Je parlerai donc de l’éléphant. Il y a dans l’éléphant on ne sait quoi de plus cosmique que dans le tatou et l’écrevisse, de plus mystérieux que dans le chat siamois et le polydesme aplati : peut-être la trompe, peut-être l’oreille.
L’éléphant est monumental. Il cueille par bottes, dans des forêts dont il explore seul les ténèbres, des fleurs dont on ne connaît pas le nom. Avec sa trompe. En pantalons de velours.

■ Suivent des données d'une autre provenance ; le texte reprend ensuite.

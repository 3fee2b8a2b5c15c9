// A kernel that is served while its callers go on.
ghost use Rattle.std.specs.Prelude.{◌≡◌, IfSome};
ghost use Rattle.kernel.specs.Known.{Known};
ghost use Rattle.rings.specs.declared.intake.RingIntake.{RingIntake};
ghost use Rattle.sysring.specs.Origins.{AreWorkers, HasOriginOf, IsOfOrigin};
ghost use Rattle.sysring.specs.Sessions.{HasTurnsOf, IsOfTurns, IsShared};

use crate::grouping::Bound;
use crate::pace::Serving;
use crate::session::Origin;
use crate::shared::Shared;
use crate::workers::{Gate, serve_as};
use blocks::Disk;
use kernel::Kernel;
use ports::{Herald, Intake};
use rings::RingIntake;
use std::marker::Brand;
use std::rt::Clock;
use std::sync::Wait;
use std::thread;
use std::thread::Threads;

/// Serves a kernel with so many workers, from 1 to 32, on threads of their own, while the calling
/// thread does what `callers` does: it hands operations in, polls answers, and at last asks for a
/// shutdown, without which the workers go on. It may ask how they get on: above all whether they
/// have ended, as they do after a fault of the disk, and whether they are refused memory. With a
/// bound the workers keep groups of the log open up to it, as `serve_grouped`, else as `serve` none.
/// Hands the kernel back when both have ended: turns made it of the one that was handed in, with
/// anything handed in and fetched between them; it has the same rings, and no group that was committed
/// then is lost, also by a stop at any moment since.
///
/// None where no thread can be started. That nothing was done then is by the code: the kernel is
/// behind its lock before, and of what is behind a lock only what always holds there is known.
pub fn serve_while<
    D: Disk + Send,
    H: Herald + Send,
    R: Threads + Wait + Clock + Sync,
    G: Gate + Sync,
    T,
    F: FnOnce(&Serving) -> T,
>(
    rt: &R,
    kernel: Kernel<D, RingIntake, H>,
    workers: u32,
    bound: Option<Bound>,
    gate: &G,
    callers: F,
) -> (Option<T>, Kernel<D, RingIntake, H>)
    requires workers { AreWorkers workers }
    requires callers { F.IsAlwaysCallable callers }
    ensures done { IfSome result.0 (λ gift. (at : _) × F.post callers at gift) }
    ensures known { Known D.Disk ⟦<RingIntake as Intake>⟧ H.Herald result.1 }
    ensures origin { HasOriginOf D.Disk H.Herald kernel result.1 }
    ensures turns { HasTurnsOf D.Disk H.Herald kernel result.1 }
{
    kernel.known();
    serve_under::<D, H, R, G, Brand, T, F>(kernel, callers, rt, workers, bound, gate)
}

// The same with an origin.
fn serve_under<
    D: Disk + Send,
    H: Herald + Send,
    R: Threads + Wait + Clock + Sync,
    G: Gate + Sync,
    K: Origin<D, H> + Send,
    T,
    F: FnOnce(&Serving) -> T,
>(
    kernel: Kernel<D, RingIntake, H>,
    callers: F,
    rt: &R,
    workers: u32,
    bound: Option<Bound>,
    gate: &G,
) -> (Option<T>, Kernel<D, RingIntake, H>)
    requires workers { AreWorkers workers }
    requires callers { F.IsAlwaysCallable callers }
    requires shared { IsShared D.Disk H.Herald K.outset kernel }
    ensures done { IfSome result.0 (λ gift. (at : _) × F.post callers at gift) }
    ensures known { Known D.Disk ⟦<RingIntake as Intake>⟧ H.Herald result.1 }
    ensures origin { IsOfOrigin D.Disk H.Herald K.outset result.1 }
    ensures turns { IsOfTurns D.Disk H.Herald K.outset result.1 }
{
    let shared = Shared::<D, H, K>::new(kernel);
    let done = serve_beside(rt, &shared, workers, bound, gate, callers);
    (done, shared.into_kernel())
}

/// Serves a kernel that threads share as `serve_while` does, while the calling thread does `callers`,
/// which may step it, too, or flush it. Ends when both have ended.
///
/// None where no thread can be started. That nothing was done then is by the code.
pub fn serve_beside<
    T,
    F: FnOnce(&Serving) -> T,
    D: Disk + Send,
    H: Herald + Send,
    K: Origin<D, H> + Send,
    R: Threads + Wait + Clock + Sync,
    G: Gate + Sync,
>(
    rt: &R,
    shared: &Shared<D, H, K>,
    workers: u32,
    bound: Option<Bound>,
    gate: &G,
    callers: F,
) -> Option<T>
    requires workers { AreWorkers workers }
    requires callers { F.IsAlwaysCallable callers }
    ensures done { IfSome result (λ gift. (at : _) × F.post callers at gift) }
{
    shared.group_by(rt, bound);
    thread::scope(
        thread::scope_env(),
        rt,
        |scope| -> Option<T>
            requires { AreWorkers workers × F.IsAlwaysCallable callers }
            ensures { IfSome result (λ gift. (at : _) × F.post callers at gift) }
        {
            let served = scope.spawn(
                move ||
                    requires { AreWorkers workers }
                {
                    serve_as(rt, shared, workers, gate);
                    shared.serving().end();
                },
            );
            if served.is_err() {
                return None;
            }
            Some(callers(shared.serving()))
        },
    )
}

(La Montagne - 18 octobre 1960)
C’est en présence de l’éléphant que l’homme sent vraiment qu’il n’a pas de trompe et pas de défenses. C’est en présence de l’éléphant qu’il se rend compte également qu’il porte des bretelles (le pantalon de l’éléphant retombe sur les talons) L’homme est le seul animal qui porte des bretelles ; c’est ce qui le distingue nettement du hanneton, du boa , du chien, de la poule, du hareng saur.
Tout aboutit dans la nature à l’éléphant. Mais pourquoi ?
Parce que l’éléphant est une chose grande et magnifique ; il est royal, oriental, colossal ; c’est le songe pompeux d’un dieu des Indes.
Sa silhouette accapare l‘horizon. Son dos énorme fait songer à celui du dictionnaire Larousse. C’est le Larousse de notre faune.
On n’imagine pas le mal qu’il donna à Noé.
Surtout pour calculer la gîte.
(La Montagne – 17 juillet 1956)
La méditation de l’éléphant est l’une des plus utiles à l’homme. L’éléphant est considérable. « Ses larges pieds, dit M. Leloup, sont chaussés de pantoufles élastiques. » II fait l’arbre fourchu, offre des fleurs aux dames et fut amoureux, dit Plutarque, de la bouquetière Glycèra. « Ses pattes s’articulent en tous sens ; sa rondeur lui permet de rouler. » Ajoutez-y qu’il sait si mal mettre ses bretelles que son pantalon retombe sur ses pieds en catastrophe, et vous aurez le parfait portrait de Fratellini (celui qui faisait de la barre fixe et qui jouait de la guitare). Il ressemble à un dieu par la trompe (très exactement à Siva), par l’oeil au général de Gaulle, et par les bas à la folle de Chaillot. Par l’ensemble à Michel Simon : par la carrure, l’énigme, l’étrangeté, et je ne sais quelle force placide.
L’éléphant est mythologique. L’homme est plein d’éléphant. L’éléphant habite l’homme. Il a hante tous les dessinateurs, tous les écrivains, tous les peintres (…)
L’éléphant date de la plus haute antiquité. Du moins sous forme de mammouth. Il pataugeait alors dans les glaciers d’Auvergne. Ou de Sibérie, pareil a un prophète biblique.
On a retrouvé en Sibérie des œufs de mammouth fossilisés par des orages suivis de grands clairs de lune qui ammenaient des abaissements de température affreux. De grands clairs de lune préhistoriques. D’une action chimique compliquée.
Depuis, le mammouth a perdu ses poils. Il vit tout nu dans les forêts équatoriales, ou à Paris (au zoo de Vincennes, et dans le Ve arrondissement). Il est indispensable à l’homme physiquement, moralement et de toutes les façons. Comment vivrait sans lui l’éléphantologiste ? Comment l’homme saurait-il, sans lui, qu’il n’a pas de trompe? (et, sans le chameau, qu’il n’a pas de bosses ?) Telle est l’utilité des monstres. Ils indiquent à l’homme ses limites, ils lui permettent de se définir, de connaître son contour et son ombre chinoise. Sans eux l’homme serait flou : une vapeur, une fumée, un gaz toxique.
C’est grâce à l’éléphant que l’homme a figure humaine.
L’éléphant se compose en gros d’une trompe, qui lui sert à se doucher, d’ivoire, dont on fait des statuettes, et de quatre pieds, dont on tire des porte-parapluie. Dieu l’a fait gris, dit Bernardin de Saint-Pierre, pour qu’on ne le confonde pas avec la fraise des bois.